Get ready to laugh out loud with such classics as Rob and Laura balancing a career-building cocktail party with caring for a sickly son in the series' first episode, "The Sick Boy and the Sitter." Then in "My Blonde-Haired Brunette," where insecure Laura disastrously dyes her hair. Or when Rob's shy brother (Jerry Van Dyke) makes an appearance as a sleepwalking Jekyll and Hyde in the hilarious two-parter "I Am My Brother's Keeper" and "The Sleeping Brother."

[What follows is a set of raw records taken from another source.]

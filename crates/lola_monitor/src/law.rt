//! The laws, about definitions alone.

ghost use Rattle.lola_monitor.specs.Monitor.{Call, IsCutDone, IsCutMalformed, IsCutOff, IsCutShort, IsDone, IsFault, IsMalformed, IsUnfinished};
ghost use Rattle.lola_monitor.specs.Telling.{TellsThem};

/// What a call put to its trace spells the journal of the rows that it took, and no other: so of a call that left what its status
/// says, every statement about its journal is one about the journal that is read back from its trace. A line at whose middle the
/// trace was cut is left out, and so is its row. A clause for each of the statuses 0, 4, 5, 6, 7 (three ways) and 8 with which
/// rows are taken.
pub fn trace_tells_the_rows()
    ensures done { (c : Call) (is : IsDone c) → TellsThem c is.all.run }
    ensures malformed { (c : Call) (is : IsMalformed c) → TellsThem c is.some.run }
    ensures fault { (c : Call) (is : IsFault c) → TellsThem c is.up_to.run }
    ensures unreadable { (c : Call) (is : IsCutShort c) → TellsThem c is.short.run }
    ensures cut { (c : Call) (is : IsCutOff c) → TellsThem c is.run }
    ensures cut_done { (c : Call) (is : IsCutDone c) → TellsThem c is.all.run }
    ensures cut_malformed { (c : Call) (is : IsCutMalformed c) → TellsThem c is.some.run }
    ensures memory { (c : Call) (is : IsUnfinished c) → TellsThem c is.run }
{}
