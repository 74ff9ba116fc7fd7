//! Texts, read whole.
ghost use Rattle.std.specs.Prelude.{◌≡◌, ◌<◌, ◌≤◌, ◌^◌, [], length, List, ℕ, Some, IfOk, IsErrOf, OnOk, vec_len};
ghost use Rattle.std.specs.Io.KnownBytes.{IsAtEnd};
ghost use Rattle.lola_port.specs.States.{Rose};
ghost use Rattle.lola_monitor.specs.Outcomes.{AppendsRead, IsReadFront, Marred, Stopped, noted};
ghost use Rattle.lola_monitor.specs.Replaying.{IsText};

use lola_port::{FetchEnd, Shelf, Source};
use std::alloc::Global;

// How many bytes are asked for at once.
const PIECE: usize = 65536;

/// The most bytes of a text: what a source has at most.
const MOST_BYTES: usize = 4_611_686_018_427_387_904;

// Reads once, and appends what came; tells how many bytes that were.
fn read_more<S: Source>(
    source: &mut S,
    piece: &mut [u8],
    bytes: &mut Vec<u8>,
) -> Result<usize, FetchEnd>
    ensures moved { IfOk result (λ count. AppendsRead count bytes.old.items bytes.new.items (S.state source.old) (S.state source.new)) }
    ensures within { IfOk result (λ count. count ≤ length piece.new) }
    ensures end { IfOk result (λ count. count ≡ 0 → 0 < length piece.new → IsAtEnd (S.state source.new).left) }
    ensures failed { IsErrOf result FetchEnd.Failed → Rose (S.state source.old).count (S.state source.new).count }
    ensures place { (S.state source.new).place ≡ (S.state source.old).place }
{
    let Ok(count) = source.read(piece) else {
        return Err(FetchEnd::Failed);
    };
    if bytes.extend_from_slice(&piece[..count]).is_err() {
        return Err(FetchEnd::Memory);
    }
    Ok(count)
}

// Appends all bytes that are left of a source, or so many of them that there are one more than `most`.
fn read_up_to<S: Source>(
    source: &mut S,
    piece: &mut [u8],
    most: usize,
    bytes: &mut Vec<u8>,
) -> Result<(), FetchEnd>
    requires most { most < 2 ^ 63 }
    requires piece { 0 < length piece.old }
    requires none { bytes.old.items ≡ [] }
    ensures bytes { OnOk result ((all : List ℕ) → (S.state source.old).left ≡ Some all → IsReadFront most bytes.new.items all) }
    ensures count { OnOk result ((S.state source.new).count ≡ (S.state source.old).count) }
    ensures failed { IsErrOf result FetchEnd.Failed → Rose (S.state source.old).count (S.state source.new).count }
    ensures place { (S.state source.new).place ≡ (S.state source.old).place }
{
    while bytes.len() <= most {
        let room = (most + 1 - bytes.len()).min(piece.len());
        if read_more(source, &mut piece[..room], bytes)? == 0 {
            return Ok(());
        }
    }
    Ok(())
}

// The same of a source, with the memory that it takes.
fn read_all<S: Source>(alloc: Global, source: &mut S, most: usize) -> Result<Vec<u8>, FetchEnd>
    requires { most < 2 ^ 63 }
    ensures bytes { IfOk result (λ bytes. (all : List ℕ) → (S.state source.old).left ≡ Some all → IsReadFront most bytes.items all) }
    ensures count { OnOk result ((S.state source.new).count ≡ (S.state source.old).count) }
    ensures failed { IsErrOf result FetchEnd.Failed → Rose (S.state source.old).count (S.state source.new).count }
    ensures place { (S.state source.new).place ≡ (S.state source.old).place }
{
    let mut bytes = Vec::new(alloc);
    let Ok(mut piece) = vec![in alloc; 0u8; PIECE] else {
        return Err(FetchEnd::Memory);
    };
    read_up_to(source, &mut piece, most, &mut bytes)?;
    Ok(bytes)
}

/// Fetches a name, reads all its bytes or one more than so many, and gives the source back.
pub fn read_name<F: Shelf>(
    alloc: Global,
    shelf: &mut F,
    name: &str,
    most: usize,
) -> Result<Vec<u8>, FetchEnd>
    requires out { (F.state shelf.old).out < 65536 }
    requires most { most < 2 ^ 63 }
    ensures bytes { IfOk result (λ bytes. (all : List ℕ) → (F.state shelf.old).told name.now ≡ Some all → IsReadFront most bytes.items all) }
    ensures noted { OnOk result (F.state shelf.new ≡ noted (F.state shelf.old) name.now) }
    ensures failed { IsErrOf result FetchEnd.Failed → Marred name.now (F.state shelf.old) (F.state shelf.new) }
    ensures memory { IsErrOf result FetchEnd.Memory → Stopped name.now (F.state shelf.old) (F.state shelf.new) }
{
    let mut file = shelf.fetch(name)?;
    let bytes = read_all(alloc, &mut file, most);
    shelf.give_back(file);
    bytes
}

/// Fetches a text, reads all its bytes, and gives the source back.
pub fn read_text<F: Shelf>(alloc: Global, shelf: &mut F, name: &str) -> Result<Vec<u8>, FetchEnd>
    requires { (F.state shelf.old).out < 65536 }
    ensures few { IfOk result (λ text. vec_len text < 2 ^ 63) }
    ensures text { IfOk result (λ text. IsText ((F.state shelf.old).told name.now) text.items) }
    ensures noted { OnOk result (F.state shelf.new ≡ noted (F.state shelf.old) name.now) }
    ensures failed { IsErrOf result FetchEnd.Failed → Marred name.now (F.state shelf.old) (F.state shelf.new) }
    ensures memory { IsErrOf result FetchEnd.Memory → Stopped name.now (F.state shelf.old) (F.state shelf.new) }
{
    let bytes = read_name(alloc, shelf, name, MOST_BYTES)?;
    if bytes.len() > MOST_BYTES {
        return Err(FetchEnd::Memory);
    }
    Ok(bytes)
}
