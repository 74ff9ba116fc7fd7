//! The laws, about definitions alone.

ghost use Rattle.lola_front_law.specs.Planned.{FindsBounds, FindsLayers, FindsPacings};

/// A specification whose names are resolved, and whose written rates are rates, has a pacing of each clause, or a refusal for them:
/// normal forms, leaves, least rates and greatest common divisors are there for all that is asked of them.
pub fn each_is_paced()
    ensures { FindsPacings }
{}

/// Each graph of a specification has layers, or a least stream on a closed walk of weight 0.
pub fn each_graph_is_layered()
    ensures { FindsLayers }
{}

/// Where each window has panes, kept values and panes are there as a plan has to have them.
pub fn each_is_bounded()
    ensures { FindsBounds }
{}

The 3-disc set features a DTS-HD Master Audio Mono track and a variety of special features, among them:
Audio Commentaries: Episodes 19 and 29, with Carl Reiner and Dick Van Dyke
Head of the Family Original Series Pilot Episode
Interviews with Cast and Directers
Emmy Award Telecast Clips Honoring The Dick Van Dyke Show
Original Commercials with the Cast and Network Promos
Original Network Promo Spots
Photo Galleries: Episodes 1-6, 10-12, 21 and 23-30
I am almost finished watching the fourth season. One more to go.
This is an incredible series to get. Great PQ. I grew up with this series when I was a kid and it still as hilarious as ever! Possibly the best-written comedy series of all time.
And with anything made prior to the 80's, you're looking at seeing entire scenes, not just a couple of minutes, that now have to be cut from broadcasts to accommodate the commercial time. A half hour program ran 26 minutes, and an hour long show was 53 minutes long before the FCC lost it's right to regulate the amount of commercial time. Today those same slots can allow as low as 19 minutes or 40 minutes of actual programming. Broadcast classic Star Treks are now cut by 20-25%, these shows the same. It's a wonder they even work that way. This is the way to see these, definitely.